In the configuration window you define the loss function; the columns with the input for the network (here, the image); the target column (here, the collection cell with index encoded class label); the training settings e.g., epochs, batch size, optimizer.

During execution the training progress can be monitored via the interactive learning monitor view. It shows the progress of the accuracy and the loss over the different epochs.

Explanation of the different training settings.

**Epochs:**Number of times the training dataset is passed through the network to update the weights. In the example the network was trained for 20 epochs.**Batch size:**Usually not the whole dataset is used to update the weights. The batch size defines how many rows are used for each weight update. In this example a batch size of 32 is used.

#### Step 4: Apply and Save the Trained Deep Learning Model

The example workflow - CNN for Image Classification of the MNIST Fashion Dataset - above, in figure 4 uses the introduced nodes to train the defined network architecture, to apply the trained network to the test set, and to save it. Afterwards the class with the highest probability is extracted and the model is evaluated. With the defined network and training parameters the deep learning model reaches an accuracy of 91%.

Want to try it out? Download the example workflow CNN for Image Classification of the MNIST Fashion Dataset publicly available on the KNIME Hub.

## Appendix

Here is a more detailed description of the network architecture that was defined in Figure 4.

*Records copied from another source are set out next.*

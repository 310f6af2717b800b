//! Tables that give each value a number for good.
ghost use Rattle.std.specs.Prelude.{◌≡◌, [], slice_get, length, option_copied, OnOk, OnErr, IfOk, IsErrOf};
ghost use Rattle.std.specs.List.{IsDistinct};
ghost use Rattle.hir_base.specs.declared.locations.LocationsError.TheVariants.{Memory};
ghost use Rattle.hir_ids.specs.Refusal.{Gives};
ghost use Rattle.hir_base.specs.Locations.{IsMemory, number_given, with_value, NeedsRoom, KeepsNumbers, IsNumberOf};

use indexmap::IndexSet;
use std::alloc::{AllocFailed, Global};
use std::hash::Hash;
use std::marker::Model;
use thiserror::Error;

/// The most values of a table.
pub const MAX_LOCATIONS: usize = 2147483647;

/// Why a table takes no value, in the order in which it is looked for.
#[derive(Clone, Copy, Debug, PartialEq, Eq, Error)]
pub enum LocationsError {
    /// The table has `MAX_LOCATIONS` values, and this is none of them.
    #[error("more than {MAX_LOCATIONS} values")]
    TooMany,
    #[error("out of memory")]
    Memory,
}

impl<T: Drop> From<AllocFailed<T>> for LocationsError {
    ghost from_gives = { λ _ e. e ≡ Memory };

    fn from(_: AllocFailed<T>) -> Self {
        LocationsError::Memory
    }
}

/// Values, each of which has a number. A value that is put in again gets the number that it has, so a number means
/// one value for good.
#[derive(Drop)]
pub struct Locations<V: Eq + Hash> {
    values: IndexSet<V>,
}

impl<V: Eq + Hash> Model for Locations<V> {
    ghost use Rattle.std.specs.Prelude.{List, length, ◌≤◌};

    ghost Value = { List V };

    ghost view = { λ t. t.values.keys };

    ghost invariant = { λ t. length t.values.keys ≤ 2147483647 };
}

impl<V: Eq + Hash + Drop> Locations<V> {
    /// A table without values.
    pub fn new(alloc: Global) -> Locations<V>
        ensures value { result ≡ [] }
    {
        Locations {
            values: IndexSet::new(alloc),
        }
    }

    #[tactic(auto, using(crate::proofs::NumberLemmas::stored_at, crate::proofs::NumberLemmas::kept_by_append))]
    /// The number of a value, which a value that isn't there gets first.
    pub fn intern(&mut self, value: V) -> Result<u32, LocationsError>
        ensures answer { Gives IsMemory result (number_given V.eq self.old value) }
        ensures ok { OnOk result (self.new ≡ with_value V.eq self.old value) }

        // A number means one value for good.
        ensures kept { KeepsNumbers self.old self.new }
        ensures found { IfOk result (λ number. IsNumberOf V.eq self.new value number) }
        ensures err { OnErr result (self.new ≡ self.old) }
        ensures room { IsErrOf result LocationsError.Memory → NeedsRoom V.eq self.old value }
    {
        if let Some(number) = self.values.get_index_of(&value) {
            return Ok(number as u32);
        }
        if self.values.len() >= MAX_LOCATIONS {
            return Err(LocationsError::TooMany);
        }
        let (number, _) = self.values.insert_full(value)?;
        Ok(number as u32)
    }

    /// The value that has this number.
    pub fn get(&self, number: u32) -> Option<&V>
        ensures value { option_copied result ≡ slice_get self.now number }
    {
        self.values.get_index(number as usize)
    }

    /// How many values have numbers: all below it.
    pub fn len(&self) -> usize
        ensures value { result ≡ length self.now }
        ensures distinct { IsDistinct V.eq self.now }
    {
        self.values.len()
    }
}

- The Keras Input Layer node that defines the input shape of the network. In this example the input shape is 28,28,1 as the gray-scaled images are of size 28 x 28 pixels and only one value is used to represent the shade of gray of each pixel, aka only one channel.
- A Keras Convolutional 2D Layer node with 64 filters of size 3 x 3. This means the network learns to check for 64 different features of size 3x3 in the images. This can be edges, corners etc.
- A Keras Max Pooling 2D Layer node which replaces every 2 x 2 area of the output of the previous layer with the maximum value.
- A Flatten Layer node that converts the matrix into a vector.
- A Keras Dense Layer node with 100 units and activation ReLU as hidden layer.
- A Keras Dense Layer node with 10 units and activation softmax as output layer.

## Set up Keras in KNIME Analytics Platform

If you would like to try out the workflow in this article, you will need the KNIME Deep Learning - Keras Integration. This builds onto the KNIME Python Integration. You’ll find the installation instructions to set it up in the KNIME Deep Learning Integration Installation Guide.